The Forest Bed is rich in fossils. There is a large number of different freshwater shells to be collected, together with fossil seeds, and fish, birds, frogs and mammal remains. The mammal remains from this bed can be anything from beavers to vole and even elephants, deer and hippopotamus. So many different mammals have been recorded from this bed that you never know what you may find. On the foreshore, the chalk yields superb corals, sponges and echinoids. Bivalves can also be found. Between the Fresh Water Forest Bed and the chalk, the Wroxham Crag also yields mammal and fish remains, and anything from deer to mammoth and whale remains have been found.

The best time to collect fossils at West Runton is after high tides, heavy rainfall and scouring conditions. Fossils are exposed on the Forest Bed surface, which can easily be seen and collected from. After a very high tide and during scouring conditions, mammal remains are often found. However, even if the conditions are not favourable, with a small knife or pick, you can very gently break apart the loose material at the base of the cliff section to make finds. On the foreshore, fossils from the chalk and Wroxham Crag can be found. Search carefully around the chalk exposures and in the areas of heavy-iron coloured cemented pebbles (that is, the Wroxham Crag).

West Runton beach is most famous for the elephant or steppe mammoth, Mammuthus trogontherii, which was discovered in 1990 and is one of the oldest and best preserved fossil elephants ever found in the UK. Deposits of bone and teeth can still be collected from this bed, but, being a SSSI, it should not be dug into and it is better to collect from the beach, unless something is obviously exposed at the surface.

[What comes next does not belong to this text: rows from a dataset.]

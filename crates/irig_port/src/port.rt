//! What every port does.

ghost use Rattle.std.specs.Prelude.{◌≡◌, ◌==◌, ◌++◌, ◌<◌, ◌^◌, length, ℕ, List, []};
ghost use Rattle.irig_frame.specs.declared.symbol.Symbol.{Symbol};
ghost use Rattle.irig_frame.specs.declared.coded.Coded.{Coded};
ghost use Rattle.irig_frame.specs.Decoder.{IsCoded, Reads};
ghost use Rattle.irig_frame.specs.Encoder.{frame_of_coded};
ghost use Rattle.irig_frame.specs.Symbols.{symbol_of};
ghost use Rattle.irig_control.specs.Parity.{with_parity};
ghost use Rattle.irig_time.specs.declared.rules.Rules.{Rules};
ghost use Rattle.irig_time.specs.Seconds.{IsValid};
ghost use Rattle.irig_port.specs.Heard.{with_symbol, symbols_heard};
ghost use Rattle.irig_port.specs.Limits.{quality_in};
ghost use Rattle.irig_port.specs.Told.{told_of, IfClaim};

use crate::told::Told;
use irig_control::Parity;
use irig_frame::Coded;
use irig_time::Rules;

/// Takes pulses, and tells at an edge what they said.
///
/// A port keeps its rules, and stands for the symbols since it was last empty, 101 of them at most.
pub trait Port: Drop {
    // The port works by these rules and stands for these symbols, the oldest first. It may stand
    // for many lists at once: what a port keeps need not tell them apart.
    ghost stands_for: { Self → Rules → List Symbol → Type 0 };

    /// A port that was fed nothing, for frames that are read by these rules.
    fn fresh(rules: Rules) -> Self
        ensures { stands_for result rules [] };

    /// A port that was fed the 100 pulses of one frame: that of a value in range
    /// ([`irig_frame::in_range`]) whose parity bit and last three control bits are 0, with the
    /// parity.
    fn with_frame(rules: Rules, coded: &Coded, parity: Parity) -> Self
        requires value { IsCoded coded.now }
        requires unused { coded.now.control < 2 ^ 14 }
        ensures { stands_for result rules (with_parity parity (frame_of_coded coded.now)) };

    /// One pulse, `width_us` microseconds wide. From the 102nd on a pulse changes nothing.
    fn pulse(&mut self, width_us: u32)
        ensures { (rules : Rules) (s : List Symbol) → stands_for self.old rules s
            → stands_for self.new rules (with_symbol s (symbol_of width_us)) };

    /// Pulses, each of a width in microseconds, in their order, as [`Port::pulse`] takes each.
    fn pulses(&mut self, widths_us: &[u32])
        ensures { (rules : Rules) (w : List ℕ) → stands_for self.old rules (symbols_heard w)
            → stands_for self.new rules (symbols_heard (w ++ widths_us.now)) };

    /// What the pulses since the port was last empty tell. The port is then empty. A claim is of a
    /// [`valid`](irig_time::valid) second, whatever the port was fed.
    fn edge(&mut self) -> Told
        ensures told { (rules : Rules) (s : List Symbol) → stands_for self.old rules s
            → result ≡ told_of rules s }
        ensures valid { IfClaim result (λ claim. IsValid claim.at) }
        ensures empty { (rules : Rules) (s : List Symbol) → stands_for self.old rules s
            → stands_for self.new rules [] };

    /// Forgets the pulses. The port is then empty.
    fn clear(&mut self)
        ensures { (rules : Rules) (s : List Symbol) → stands_for self.old rules s
            → stands_for self.new rules [] };

    /// Whether the port is empty: it was fed nothing since its last edge, or since it was cleared.
    fn is_empty(&self) -> bool
        ensures { (rules : Rules) (s : List Symbol) → stands_for self.now rules s
            → result ≡ (length s == 0) };

    /// The time quality that the pulses say, if they are a frame; of others it is any number.
    fn quality(&self) -> u8
        ensures { (rules : Rules) (s : List Symbol) (coded : Coded)
            → stands_for self.now rules s → Reads s coded → result ≡ quality_in s };

    /// Takes over what another port heard, in place of its own pulses, and keeps its rules. The
    /// other is as it was, but that it may work out here what it will tell, so that each port that
    /// takes it over has the answer.
    fn take_over(&mut self, other: &mut Self)
        ensures heard { (rules others : Rules) (s heard : List Symbol)
            → stands_for self.old rules s → stands_for other.old others heard
            → stands_for self.new rules heard }
        ensures kept { (rules : Rules) (s : List Symbol) → stands_for other.old rules s
            → stands_for other.new rules s };
}
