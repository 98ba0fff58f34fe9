//! Limits beyond which a right frame has no vote.

ghost use Rattle.std.specs.Prelude.{◌≡◌, List, []};
ghost use Rattle.irig_frame.specs.declared.symbol.Symbol.{Symbol};
ghost use Rattle.irig_time.specs.declared.rules.Rules.{Rules};
ghost use Rattle.irig_time.specs.Seconds.{IsValid};
ghost use Rattle.irig_port.specs.Limits.{limited, tally_told_within, told_within};
ghost use Rattle.irig_port.specs.Tallies.{IsTallyOf};
ghost use Rattle.irig_port.specs.Told.{IfClaim};

use crate::port::Port;
use crate::tally::Tally;
use crate::told::{PortFault, Told};
use irig_control::unpack;
use irig_time::Rules;

/// Limits beyond which a right frame has no vote.
///
/// They refuse what all clocks of a plant may get wrong at once: a year that the code does not
/// send, and a count of GPS weeks that begins anew.
#[derive(Clone, Copy, PartialEq, Eq)]
pub struct Limits {
    /// The first day that a frame may claim, counted from 2000-01-01 as day 0. An earlier claim is
    /// the fault [`PortFault::Early`].
    pub not_before: u32,
    /// The time quality from which a frame has no vote, and is [`Told::Poor`]. That of 10 and more
    /// has none in any case.
    pub poor_from: u8,
}

/// What is told by a frame of this quality within these limits.
fn limited(limits: Limits, quality: u8, told: Told) -> Told
    ensures { result ≡ limited limits quality told }
{
    match told {
        Told::Claim(_) if limits.poor_from <= quality => Told::Poor(quality),
        Told::Claim(claim) if claim.at.day < limits.not_before => Told::Fault(PortFault::Early),
        told => told,
    }
}

impl Tally {
    /// What the symbols tell, by the rules and within limits, if there are any. A claim is of a
    /// [`valid`](irig_time::valid) second.
    pub fn tell_within(&self, rules: &Rules, limits: Option<Limits>) -> Told
        ensures exact { result ≡ tally_told_within limits rules.now self.now }
        ensures told { (s : List Symbol) → IsTallyOf self.now s
            → result ≡ told_within limits rules.now s }
        ensures valid { IfClaim result (λ claim. IsValid claim.at) }
    {
        let told = self.tell(rules);
        match limits {
            None => told,
            Some(limits) => limited(limits, unpack(self.control_word()).quality, told),
        }
    }
}

// Each tick asks each port, so that a call costs a reader's second more than what it does.
/// What the pulses of a port tell within limits, if there are any; the port is then empty, as
/// behind [`Port::edge`].
#[inline]
pub fn edge_within<P: Port>(port: &mut P, limits: Option<Limits>) -> Told
    ensures told { (rules : Rules) (s : List Symbol) → P.stands_for port.old rules s
        → result ≡ told_within limits rules s }
    ensures valid { IfClaim result (λ claim. IsValid claim.at) }
    ensures empty { (rules : Rules) (s : List Symbol) → P.stands_for port.old rules s
        → P.stands_for port.new rules [] }
{
    let Some(limits) = limits else {
        return port.edge();
    };
    let quality = port.quality();
    limited(limits, quality, port.edge())
}
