//! Which widths are right, element by element, since a pulse looks up its element.
//!
//! Source: IRIG Standard 200-16, format B, code B004. The crate's proof compares the table with the
//! marker places.

ghost use Rattle.std.specs.Prelude.{◌≡◌, ◌<◌, if◌then◌else◌, slice_index_or};
ghost use Rattle.irig_frame.specs.FieldTable.{is_marker_place};

/// The widths of a pulse that is right, in microseconds: the least one, and how many there are.
#[derive(Clone, Copy)]
pub struct Widths {
    pub least_us: u32,
    pub count_us: u32,
}

// At a marker place, where a marker is right.
const P: Widths = Widths {
    least_us: 6500,
    count_us: 3000,
};

// Elsewhere, where a 0 or a 1 is.
const D: Widths = Widths {
    least_us: 500,
    count_us: 6000,
};

// Elements 0 to 99, and one past the frame, where nothing counts.
static WIDTHS: [Widths; 101] = [
    P, D, D, D, D, D, D, D, D, //
    P, D, D, D, D, D, D, D, D, D, //
    P, D, D, D, D, D, D, D, D, D, //
    P, D, D, D, D, D, D, D, D, D, //
    P, D, D, D, D, D, D, D, D, D, //
    P, D, D, D, D, D, D, D, D, D, //
    P, D, D, D, D, D, D, D, D, D, //
    P, D, D, D, D, D, D, D, D, D, //
    P, D, D, D, D, D, D, D, D, D, //
    P, D, D, D, D, D, D, D, D, D, //
    P, P,
];

#[inline]
pub(crate) fn widths_of(element: usize) -> &'static Widths
    requires { element < 101 }
    ensures least { element < 100
        → result.now.least_us ≡ (if is_marker_place element then 6500 else 500) }
    ensures count { element < 100
        → result.now.count_us ≡ (if is_marker_place element then 3000 else 6000) }
{
    table_widths(element)
}

// Apart from `widths_of`, whose clauses follow from this one.
#[inline]
fn table_widths(element: usize) -> &'static Widths
    requires { element < 101 }
    ensures { result.now ≡ slice_index_or WIDTHS element result.now }
{
    &WIDTHS[element]
}
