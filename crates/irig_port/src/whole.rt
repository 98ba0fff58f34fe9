//! A port that keeps its symbols.

ghost use Rattle.std.specs.Prelude.{◌≡◌, ◌≤◌, List, length};
ghost use Rattle.irig_control.specs.Parity.{has_parity};
ghost use Rattle.irig_time.specs.Seconds.{IsValid};
ghost use Rattle.irig_port.specs.Told.{told_of, IfClaim};
ghost use Rattle.irig_port.specs.Early.{early_part};

use crate::port::Port;
use crate::told::{PortFault, Told};
use crate::verdict::tell_values;
use arrayvec::ArrayVec;
use irig_control::{Parity, encode_with_parity, parity_ok, unpack};
use irig_frame::{Coded, FrameFault, Symbol, classify, decode};
use irig_time::Rules;

/// A port that keeps the symbols that it was fed, 101 of them at most, and decodes them at the
/// edge.
#[derive(Drop)]
pub struct WholePort {
    rules: Rules,
    symbols: ArrayVec<Symbol, 101>,
}

impl Port for WholePort {
    ghost stands_for = { λ p rules s.
        (p.rules ≡ rules) × (p.symbols.items ≡ s) × (length s ≤ 101) };

    fn fresh(rules: Rules) -> Self {
        WholePort {
            rules,
            symbols: ArrayVec::new(),
        }
    }

    fn with_frame(rules: Rules, coded: &Coded, parity: Parity) -> Self {
        let mut symbols = ArrayVec::new();
        symbols
            .try_extend_from_slice(&encode_with_parity(coded, parity))
            .unwrap();
        WholePort { rules, symbols }
    }

    fn pulse(&mut self, width_us: u32) {
        if !self.symbols.is_full() {
            self.symbols.push(classify(width_us));
        }
    }

    fn pulses(&mut self, widths_us: &[u32]) {
        for &width_us in widths_us {
            self.pulse(width_us);
        }
    }

    fn edge(&mut self) -> Told {
        let told = tell(&self.rules, self.symbols.as_slice());
        self.symbols.clear();
        told
    }

    fn clear(&mut self) {
        self.symbols.clear();
    }

    fn is_empty(&self) -> bool {
        self.symbols.is_empty()
    }

    fn quality(&self) -> u8 {
        match decode(self.symbols.as_slice()) {
            Ok(coded) => unpack(coded.control).quality,
            Err(_) => 15,
        }
    }

    fn take_over(&mut self, other: &mut Self) {
        self.symbols.clear();
        self.symbols
            .try_extend_from_slice(other.symbols.as_slice())
            .unwrap();
    }
}

fn tell(rules: &Rules, symbols: &[Symbol]) -> Told
    ensures told { result ≡ told_of rules.now symbols.now }
    ensures valid { IfClaim result (λ claim. IsValid claim.at) }
{
    if symbols.is_empty() {
        return Told::Silence;
    }
    let values = decode(symbols);
    if let Some(fault) = early_fault(&values) {
        return Told::Fault(PortFault::Frame(fault));
    }
    if !has_right_parity(symbols, rules.parity) {
        return Told::Fault(PortFault::Parity);
    }
    tell_values(rules, values)
}

/// The fault of a frame, if it is one that goes before the parity.
fn early_fault(values: &Result<Coded, FrameFault>) -> Option<FrameFault>
    ensures { result ≡ early_part values.now }
{
    match values {
        Ok(_) | Err(FrameFault::Digit(_) | FrameFault::Range(_)) => None,
        Err(fault) => Some(*fault),
    }
}

fn has_right_parity(symbols: &[Symbol], parity: Parity) -> bool
    requires { length symbols.now ≡ 100 }
    ensures { result ≡ has_parity parity symbols.now }
{
    let mut frame = [Symbol::Zero; 100];
    frame.copy_from_slice(symbols);
    parity_ok(&frame, parity)
}
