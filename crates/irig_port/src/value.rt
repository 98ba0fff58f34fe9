//! The tally of a whole frame, from the value that it codes: no element of it is written or read.

ghost use Rattle.std.specs.Prelude.{◌≡◌, ◌<◌, ◌^◌};
ghost use Rattle.irig_frame.specs.Decoder.{IsCoded};
ghost use Rattle.irig_frame.specs.Encoder.{frame_of_coded};
ghost use Rattle.irig_control.specs.Parity.{with_parity};
ghost use Rattle.irig_port.specs.Bits.{digit_bits, word_bits, time_number, control_number};
ghost use Rattle.irig_port.specs.Tallies.{IsTallyOf};

use crate::tally::{NO_FAULT, Tally, ones_in};
use irig_control::Parity;
use irig_frame::Coded;

// Element 75 of the frame, IEEE 1344-1995.
const PARITY_BIT: u64 = 1 << 15;

impl Tally {
    /// The tally of one frame: that of a value in range ([`irig_frame::in_range`]) whose parity bit
    /// and last three control bits are 0, with the parity.
    pub fn of_value(coded: &Coded, parity: Parity) -> Tally
        requires value { IsCoded coded.now }
        requires unused { coded.now.control < 2 ^ 14 }
        ensures of_frame { IsTallyOf result (with_parity parity (frame_of_coded coded.now)) }
        ensures whole { result.count ≡ 100 }
    {
        let mut tally = Tally {
            count: 100,
            wrong: NO_FAULT,
            time: time_number(coded),
            control: control_number(coded),
        };
        if ones_in(&tally) % 2 != u32::from(parity.remainder()) {
            tally.control += PARITY_BIT;
        }
        tally
    }
}

// Where the fields begin, IRIG Standard 200-16, format B.
fn time_number(coded: &Coded) -> u64
    requires { IsCoded coded.now }
    ensures { result ≡ time_number coded.now }
{
    2 * two_digits(coded.second)
        + (1 << 10) * two_digits(coded.minute)
        + (1 << 20) * two_digits(coded.hour)
        + (1 << 30) * digit_bits(u32::from(coded.day))
        + (1 << 50) * two_digits(coded.year)
}

fn control_number(coded: &Coded) -> u64
    requires { IsCoded coded.now }
    ensures exact { result ≡ control_number coded.now }
    ensures few { result < 2 ^ 40 }
{
    word_bits(coded.control) + (1 << 20) * word_bits(coded.sbs)
}

fn two_digits(number: u8) -> u64
    requires { number < 100 }
    ensures exact { result ≡ digit_bits number }
    ensures few { result < 2 ^ 9 }
{
    digit_bits(u32::from(number))
}

// The decimal digits, each five bits after the one before, as those of a field stand.
fn digit_bits(number: u32) -> u64
    requires { number < 1000 }
    ensures exact { result ≡ digit_bits number }
    ensures few { result < 2 ^ 14 }
{
    u64::from(number % 10) + 32 * u64::from(number / 10 % 10) + 1024 * u64::from(number / 100)
}

// Nine bits, the place of a marker, and the rest, as the control bits and the seconds stand.
fn word_bits(number: u32) -> u64
    requires { number < 2 ^ 18 }
    ensures exact { result ≡ word_bits number }
    ensures few { result < 2 ^ 19 }
{
    u64::from(number % 512) + 1024 * u64::from(number / 512)
}
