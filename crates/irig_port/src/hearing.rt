//! A port that hears a line through its synchroniser.

ghost use Rattle.std.specs.Prelude.{◌≡◌, ◌≤◌, ◌%◌, ◌^◌, ℕ, List, ◌∷◌};
ghost use Rattle.irig_frame.specs.declared.symbol.Symbol.{Symbol};
ghost use Rattle.irig_time.specs.declared.rules.Rules.{Rules};
ghost use Rattle.irig_sync.specs.Sync.{place_of, pulse_of};
ghost use Rattle.irig_sync.specs.Lines.{Pulse, pulse_at, IsAfter, IsSoon};
ghost use Rattle.irig_port.specs.Hearing.{heard_at, IsHearing};

use crate::port::Port;
use irig_sync::Sync;

/// A pulse of a line at the port that hears it: its place in its frame, 1 to 100, or 0 out of step,
/// as [`Sync::pulse`] answers it. It rose at `rise_us`, in microseconds of a clock that wraps at
/// 2^32, and is `width_us` microseconds wide.
///
/// The port is emptied where a frame begins, and is fed what has a place. So a port holds a hundred
/// pulses only if each came on time behind the one before.
pub fn hear<P: Port>(port: &mut P, sync: &mut Sync, rise_us: u32, width_us: u32) -> u8
    ensures place { result ≡ place_of sync.old rise_us width_us }
    ensures few { result ≤ 100 }
    ensures sync { sync.new ≡ pulse_of sync.old rise_us width_us }
    ensures heard { (rules : Rules) (s : List Symbol) → P.stands_for port.old rules s
        → P.stands_for port.new rules (heard_at result s width_us) }
    ensures run { (heard : List Symbol) (pulses : List Pulse) (now time : ℕ)
        → IsHearing heard sync.old pulses now → rise_us ≡ time % 2 ^ 32 → IsAfter pulses time
        → IsSoon now time → IsHearing (heard_at result heard width_us) sync.new
        (pulse_at time width_us ∷ pulses) time }
{
    let place = sync.pulse(rise_us, width_us);
    if place == 1 {
        port.clear();
    }
    if place > 0 {
        port.pulse(width_us);
    }
    place
}
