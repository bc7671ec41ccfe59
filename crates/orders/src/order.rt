// A line taken as a frame of the probe.
ghost use Rattle.std.specs.Prelude.{◌≡◌};
ghost use Rattle.orders.specs.Orders.{call_of, setting_of, single, ordered};
ghost use Rattle.orders.specs.OrderCode.{Orders};

use chip::geometry::Nand;
use frames::frame;
use frames::frame::Fields;
use frames::line::Line;

// A call with its numbers: an allowance; a key and a value; a key; a block; a page; none.
#[derive(Clone, Copy)]
pub enum Call {
    Format(u32),
    Insert(u32, u32),
    Delete(u32),
    LookUp(u32),
    Commit(u32),
    Mount(u32),
    Rebuild(u32),
    Report(u32),
    Show(u32),
    Forecast,
}

// What is done to the bytes that the calls are lent: so many blocks lent, so many bytes, a byte of the image or a torn byte set at an
// offset, so many torn bytes lent, the sum of the image told, noise from a seed; and the part that format, mount, rebuild and show name.
#[derive(Clone, Copy)]
pub enum Setting {
    Lend(u32),
    Cut(u32),
    SetImage(u32, u32),
    SetTorn(u32, u32),
    LendTorn(u32),
    Sum,
    Noise(u32),
    Name(Nand),
}

// What a frame orders: a call, or a setting of the bytes lent.
#[derive(Clone, Copy)]
pub enum Order {
    Calls(Call),
    Sets(Setting),
}

// The call of a kind and one number.
fn call_of(kind: u32, n: u32) -> Option<Order>
    ensures { result ≡ call_of kind n }
{
    let call = match kind {
        0 => Call::Format(n),
        2 => Call::Delete(n),
        3 => Call::LookUp(n),
        4 => Call::Commit(n),
        5 => Call::Mount(n),
        6 => Call::Report(n),
        7 => Call::Show(n),
        10 => Call::Rebuild(n),
        _ => return None,
    };
    Some(Order::Calls(call))
}

// What a kind and one number do to the bytes lent.
fn setting_of(kind: u32, n: u32) -> Option<Order>
    ensures { result ≡ setting_of kind n }
{
    let setting = match kind {
        16 => Setting::Lend(n),
        17 => Setting::Cut(n),
        20 => Setting::LendTorn(n),
        22 => Setting::Noise(n),
        _ => return None,
    };
    Some(Order::Sets(setting))
}

// The order of a kind and one number.
fn single(kind: u32, n: u32) -> Option<Order>
    ensures { result ≡ single kind n }
{
    if kind < 16 {
        call_of(kind, n)
    } else {
        setting_of(kind, n)
    }
}

// The order of a frame.
fn ordered(fields: Fields) -> Option<Order>
    ensures { result ≡ ordered fields }
{
    match fields {
        Fields::Bare(9) => Some(Order::Calls(Call::Forecast)),
        Fields::Bare(21) => Some(Order::Sets(Setting::Sum)),
        Fields::Named(23, 0) => Some(Order::Sets(Setting::Name(Nand::Small))),
        Fields::Named(23, 1) => Some(Order::Sets(Setting::Name(Nand::Large))),
        Fields::Single(kind, n) => single(kind, n),
        Fields::Marked(18, offset, byte) => Some(Order::Sets(Setting::SetImage(offset, byte))),
        Fields::Marked(19, offset, byte) => Some(Order::Sets(Setting::SetTorn(offset, byte))),
        Fields::Double(1, key, value) => Some(Order::Calls(Call::Insert(key, value))),
        _ => None,
    }
}

// The order of the frame that a line is, none where it is no frame.
pub fn order_of(line: Line) -> Option<Order>
    ensures { Orders line result }
{
    ordered(frame::fields_of(line.bytes()?)?)
}
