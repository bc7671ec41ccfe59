// Noise, the same from the same seed.
ghost use Rattle.std.specs.Prelude.{◌≡◌, length};
ghost use Rattle.orders.specs.Noises.{next_number, noise_byte, noise_of};

// The number after x.
fn next_number(x: u32) -> u32
    ensures { result ≡ next_number x }
{
    x.wrapping_mul(1664525).wrapping_add(1013904223)
}

// The byte that a number gives: its bits 16 to 23.
fn noise_byte(x: u32) -> u8
    ensures { result ≡ noise_byte x }
{
    (x / 65536 % 256) as u8
}

// The bytes filled with the noise of a seed.
pub fn fill(s: &mut [u8], seed: u32)
    ensures { s.new ≡ noise_of seed (length s.old) }
{
    let mut x = seed;
    for byte in s.iter_mut() {
        x = next_number(x);
        *byte = noise_byte(x);
    }
}
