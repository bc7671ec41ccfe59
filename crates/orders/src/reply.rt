// The lines that the probe writes, gathered in a buffer: each function writes behind the first `at` bytes of it, and gives the number of
// bytes gathered then.
ghost use Rattle.std.specs.Prelude.{◌≡◌, [], ◌∷◌, ◌+◌, ◌*◌, ◌≤◌, length};
ghost use Rattle.frames.specs.Frames.{hex_text};
ghost use Rattle.orders.specs.Replies.{short_line, counted_line, counts_line, found_line, look_line, report_line, bytes_text, shown_line};
ghost use Rattle.orders.specs.ReplyCode.{Adds};

use chip::progress::Counts;
use frames::text;
use store::answer::{Look, Refusal, Report};

// The lowest `digits` digits of a number.
fn put_number(out: &mut [u8], at: usize, n: u32, digits: usize) -> usize
    requires { (at + digits ≤ length out.old) × (digits ≤ 8) }
    ensures { Adds out.old at (hex_text n digits) out.new result }
{
    let end = at + digits;
    text::put_hex(&mut out[at..end], n);
    end
}

// A number of 64 bits in 16 digits.
fn put_wide(out: &mut [u8], at: usize, n: u64) -> usize
    requires { at + 16 ≤ length out.old }
    ensures { Adds out.old at (hex_text n 16) out.new result }
{
    let high = (n / 4294967296) as u32;
    let low = (n % 4294967296) as u32;
    let a = put_number(out, at, high, 8);
    put_number(out, a, low, 8)
}

// A line feed.
fn put_feed(out: &mut [u8], at: usize) -> usize
    requires { at + 1 ≤ length out.old }
    ensures { Adds out.old at (10 ∷ []) out.new result }
{
    out[at] = b'\n';
    at + 1
}

// A refusal alone, or FF for a line that is no frame.
pub fn put_short(out: &mut [u8], at: usize, refusal: u32) -> usize
    requires { at + 3 ≤ length out.old }
    ensures { Adds out.old at (short_line refusal) out.new result }
{
    let a = put_number(out, at, refusal, 2);
    put_feed(out, a)
}

// A refusal and a number of 8 digits.
pub fn put_counted(out: &mut [u8], at: usize, refusal: u32, n: u32) -> usize
    requires { at + 11 ≤ length out.old }
    ensures { Adds out.old at (counted_line refusal n) out.new result }
{
    let a = put_number(out, at, refusal, 2);
    let b = put_number(out, a, n, 8);
    put_feed(out, b)
}

// A refusal and the operations done by kind: data programs, marks set, erases.
pub fn put_counts(out: &mut [u8], at: usize, refusal: u32, ops: Counts) -> usize
    requires { at + 27 ≤ length out.old }
    ensures { Adds out.old at (counts_line refusal ops) out.new result }
{
    let a = put_number(out, at, refusal, 2);
    let b = put_number(out, a, ops.programs, 8);
    let c = put_number(out, b, ops.marks, 8);
    let d = put_number(out, c, ops.erases, 8);
    put_feed(out, d)
}

// A value found and the pages read.
fn put_found(out: &mut [u8], at: usize, value: u32, pages: u32) -> usize
    requires { at + 13 ≤ length out.old }
    ensures { Adds out.old at (found_line value pages) out.new result }
{
    let a = put_number(out, at, 0, 2);
    let b = put_number(out, a, value, 8);
    put_short(out, b, pages)
}

// What a look up answers.
pub fn put_look(out: &mut [u8], at: usize, look: Result<Look, Refusal>) -> usize
    requires { at + 13 ≤ length out.old }
    ensures { Adds out.old at (look_line look) out.new result }
{
    match look {
        Ok(l) => match l.value {
            Some(value) => put_found(out, at, value, l.pages),
            None => {
                let a = put_number(out, at, u32::from(Refusal::Absent), 2);
                put_short(out, a, l.pages)
            }
        },
        Err(refusal) => put_short(out, at, u32::from(refusal)),
    }
}

// What a block report answers.
pub fn put_report(out: &mut [u8], at: usize, report: Result<Report, Refusal>) -> usize
    requires { at + 23 ≤ length out.old }
    ensures { Adds out.old at (report_line report) out.new result }
{
    match report {
        Ok(r) => {
            let a = put_number(out, at, 0, 2);
            let b = put_number(out, a, r.free, 2);
            let c = put_number(out, b, r.first, 2);
            let d = put_wide(out, c, r.erases);
            put_feed(out, d)
        }
        Err(refusal) => put_short(out, at, u32::from(refusal)),
    }
}

// Bytes, two digits each.
fn put_bytes(out: &mut [u8], at: usize, bytes: &[u8]) -> usize
    requires { at + 2 * length bytes.now ≤ length out.old }
    ensures { Adds out.old at (bytes_text bytes.now) out.new result }
{
    let mut end = at;
    for byte in bytes {
        end = put_number(out, end, u32::from(*byte), 2);
    }
    end
}

// The bytes of a part that is shown.
pub fn put_shown(out: &mut [u8], at: usize, bytes: &[u8]) -> usize
    requires { at + 2 * length bytes.now + 3 ≤ length out.old }
    ensures { Adds out.old at (shown_line bytes.now) out.new result }
{
    let a = put_number(out, at, 0, 2);
    let b = put_bytes(out, a, bytes);
    put_feed(out, b)
}
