// The CRC-32 of bytes, bit by bit.
ghost use Rattle.std.specs.Prelude.{◌≡◌};
ghost use Rattle.orders.specs.Sums.{bit_step, byte_step, sum_of};

// The remainder after one bit, the lowest.
fn bit_step(c: u32) -> u32
    ensures { result ≡ bit_step c }
{
    if c % 2 == 1 {
        c / 2 ^ 0xEDB8_8320
    } else {
        c / 2
    }
}

// The remainder after the 8 bits of a byte.
fn byte_step(c: u32, byte: u8) -> u32
    ensures { result ≡ byte_step c byte }
{
    let mut x = c ^ u32::from(byte);
    for _ in 0..8u32 {
        x = bit_step(x);
    }
    x
}

// The CRC-32 of bytes.
pub fn sum(s: &[u8]) -> u32
    ensures { result ≡ sum_of s.now }
{
    s.iter().fold(u32::MAX, |c, byte| byte_step(c, *byte)) ^ u32::MAX
}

The section between West and East Runton is complex in terms of its geology. The beach itself is comprised of flint, which sits on top of a Cretaceous chalk, wave-cut platform, with various glacial erratics.

Directly on top of the chalk is the Cromer Stone Bed, followed by the Wroxham Crag. The Wroxham Crag consists of sands, gravels, silts and clays, which represent a period from the pre-Pastonian cold stage to the Pastonian warm stage and into the Beestonian cold stage.

The Cromer Stone Bed and Wroxham Crag are often cemented together by calcrete and iron pan, and are exposed during heavy tidal scouring conditions. The shelly sands, grey silts and conglomerates have produced a rich fauna, including voles, shrews, giant beaver, deer and elephant, and is significantly older than the West Runton Freshwater Bed.

Overlying the Wroxham Crag is the West Runton Freshwater-bed. This is a prominent dark, peaty bed at the base of the cliff, which is up to two metres thick. It is highly fossiliferous and contains the remains of plants and trees (seeds, cones, fungi and pollen), terrestrial and aquatic molluscs, fish (scales, teeth and bones), amphibians, large and small mammals (teeth and bones) and bird bones. It is comprised of glacial sands.

Both the Cromer Stone Bed and West Runton Freshwater-bed form part of the Cromer Forest Bed formation and is exposed at intervals along the coast of Norfolk and Suffolk, from Weybourne to Kessingland. The Forest Bed is between 700,000 to 500,000 years old, from the Quaternary.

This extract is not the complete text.